_Problem to solve_
Working from the entries below, tally each line that holds "SpellsWhatIsDecoded". Give the tally and nothing else.
┏━━
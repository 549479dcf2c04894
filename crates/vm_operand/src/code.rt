//! Opcodes and operands of code below RAMSTART, whose bytes are at hand.

ghost use Rattle.std.specs.Prelude.{ℕ, ◌≡◌, ◌≤◌, ◌<◌, ◌+◌, ◌%◌, ◌^◌, None, Ok, IfSome, IsErr};
ghost use Rattle.vm_memory.specs.Code.{IsCode};
ghost use Rattle.vm_operand.specs.Operands as spec;
ghost use Rattle.vm_operand.specs.declared.opcode.Op.{Op};

use crate::mode::Width;
use crate::opcode::Op;
use crate::operand::{Dest, Load};
use vm_memory::{MAX_SIZE, Memory};

/// The opcode of one byte or two that begins this code, and the place after it. None for a longer
/// number, and for that of no opcode.
#[inline(always)]
#[tactic(auto, unfolding(crate::specs::Instruction::opcode_number_at))]
pub fn opcode_in(memory: &Memory<'_>, code: &[u8], start: u32) -> Option<(Op, u32)>
    requires here { IsCode memory.now start code.now }
    requires limit { start + 32 ≤ MAX_SIZE }
    ensures found { IfSome result (λ x. spec.OpcodeAt memory.now start x.0 x.1) }
    ensures none { result ≡ None → (op : Op) (place : ℕ)
        → spec.OpcodeAt memory.now start op place → start + 2 < place }
    ensures above { IfSome result (λ x. start ≤ x.1) }
    ensures below { IfSome result (λ x. x.1 ≤ start + 2) }
{
    let first = memory.code1(code, start, start);
    if first < 0x80 {
        return Some((Op::of(first)?, start + 1));
    }
    if first >= 0xC0 {
        return None;
    }
    let last = memory.code1(code, start, start + 1);
    Some((Op::of((first - 0x80) * 0x100 + last)?, start + 2))
}

/// A load by the number of its mode, and the place after its bytes, which are among these.
#[inline(always)]
#[tactic(auto, unfolding(crate::specs::Mode::mode_of, crate::specs::Mode::modes, crate::specs::Instruction::load_at))]
pub fn load_in(
    memory: &Memory<'_>,
    code: &[u8],
    start: u32,
    number: u32,
    at: u32,
) -> Option<(Load, u32)>
    requires here { IsCode memory.now start code.now }
    requires limit { start + 32 ≤ MAX_SIZE }
    requires mode { number < 16 }
    requires low { start ≤ at }
    requires high { at + 4 ≤ start + 32 }
    ensures found { IfSome result (λ x. spec.load_by memory.now number at ≡ Ok x) }
    ensures none { result ≡ None → IsErr (spec.load_by memory.now number at) }
    ensures above { IfSome result (λ x. at ≤ x.1) }
    ensures below { IfSome result (λ x. x.1 ≤ at + 4) }
{
    Some(match number {
        0 => (Load::Value(0), at),
        1 => (
            Load::Value(Width::One.extend(memory.code1(code, start, at))),
            at + 1,
        ),
        2 => (
            Load::Value(Width::Two.extend(memory.code2(code, start, at))),
            at + 2,
        ),
        3 => (Load::Value(memory.code4(code, start, at)), at + 4),
        5 => (Load::At(memory.code1(code, start, at)), at + 1),
        6 => (Load::At(memory.code2(code, start, at)), at + 2),
        7 => (Load::At(memory.code4(code, start, at)), at + 4),
        8 => (Load::Pop, at),
        9 => (Load::Local(memory.code1(code, start, at)), at + 1),
        10 => (Load::Local(memory.code2(code, start, at)), at + 2),
        11 => (Load::Local(memory.code4(code, start, at)), at + 4),
        13 => (
            Load::At(in_ram(memory, memory.code1(code, start, at))),
            at + 1,
        ),
        14 => (
            Load::At(in_ram(memory, memory.code2(code, start, at))),
            at + 2,
        ),
        15 => (
            Load::At(in_ram(memory, memory.code4(code, start, at))),
            at + 4,
        ),
        4 | 12 => return None,
        _ => unreachable!(),
    })
}

/// A store by the number of its mode, and the place after its bytes, which are among these.
#[inline(always)]
#[tactic(auto, unfolding(crate::specs::Mode::mode_of, crate::specs::Mode::modes, crate::specs::Instruction::dest_at))]
pub fn dest_in(
    memory: &Memory<'_>,
    code: &[u8],
    start: u32,
    number: u32,
    at: u32,
) -> Option<(Dest, u32)>
    requires here { IsCode memory.now start code.now }
    requires limit { start + 32 ≤ MAX_SIZE }
    requires mode { number < 16 }
    requires low { start ≤ at }
    requires high { at + 4 ≤ start + 32 }
    ensures found { IfSome result (λ x. spec.dest_by memory.now number at ≡ Ok x) }
    ensures none { result ≡ None → IsErr (spec.dest_by memory.now number at) }
    ensures above { IfSome result (λ x. at ≤ x.1) }
    ensures below { IfSome result (λ x. x.1 ≤ at + 4) }
{
    Some(match number {
        0 => (Dest::Discard, at),
        5 => (Dest::At(memory.code1(code, start, at)), at + 1),
        6 => (Dest::At(memory.code2(code, start, at)), at + 2),
        7 => (Dest::At(memory.code4(code, start, at)), at + 4),
        8 => (Dest::Push, at),
        9 => (Dest::Local(memory.code1(code, start, at)), at + 1),
        10 => (Dest::Local(memory.code2(code, start, at)), at + 2),
        11 => (Dest::Local(memory.code4(code, start, at)), at + 4),
        13 => (
            Dest::At(in_ram(memory, memory.code1(code, start, at))),
            at + 1,
        ),
        14 => (
            Dest::At(in_ram(memory, memory.code2(code, start, at))),
            at + 2,
        ),
        15 => (
            Dest::At(in_ram(memory, memory.code4(code, start, at))),
            at + 4,
        ),
        1..=4 | 12 => return None,
        _ => unreachable!(),
    })
}

// The address of an offset from RAMSTART.
#[inline(always)]
fn in_ram(memory: &Memory<'_>, offset: u32) -> u32
    ensures { result ≡ (memory.now.ramstart + offset) % 2 ^ 32 }
{
    memory.ramstart().wrapping_add(offset)
}
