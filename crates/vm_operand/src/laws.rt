//! Laws of instructions.

ghost use Rattle.vm_operand.specs.Spelling.{DecodesWhatIsSpelled, SpellsWhatIsDecoded};

/// Bytes that spell an instruction are decoded as it.
pub fn decodes_what_is_spelled()
    ensures { DecodesWhatIsSpelled }
{}

/// An instruction that is decoded is spelled by the bytes at its address.
pub fn spells_what_is_decoded()
    ensures { SpellsWhatIsDecoded }
{}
┗━━
_Answer box_
2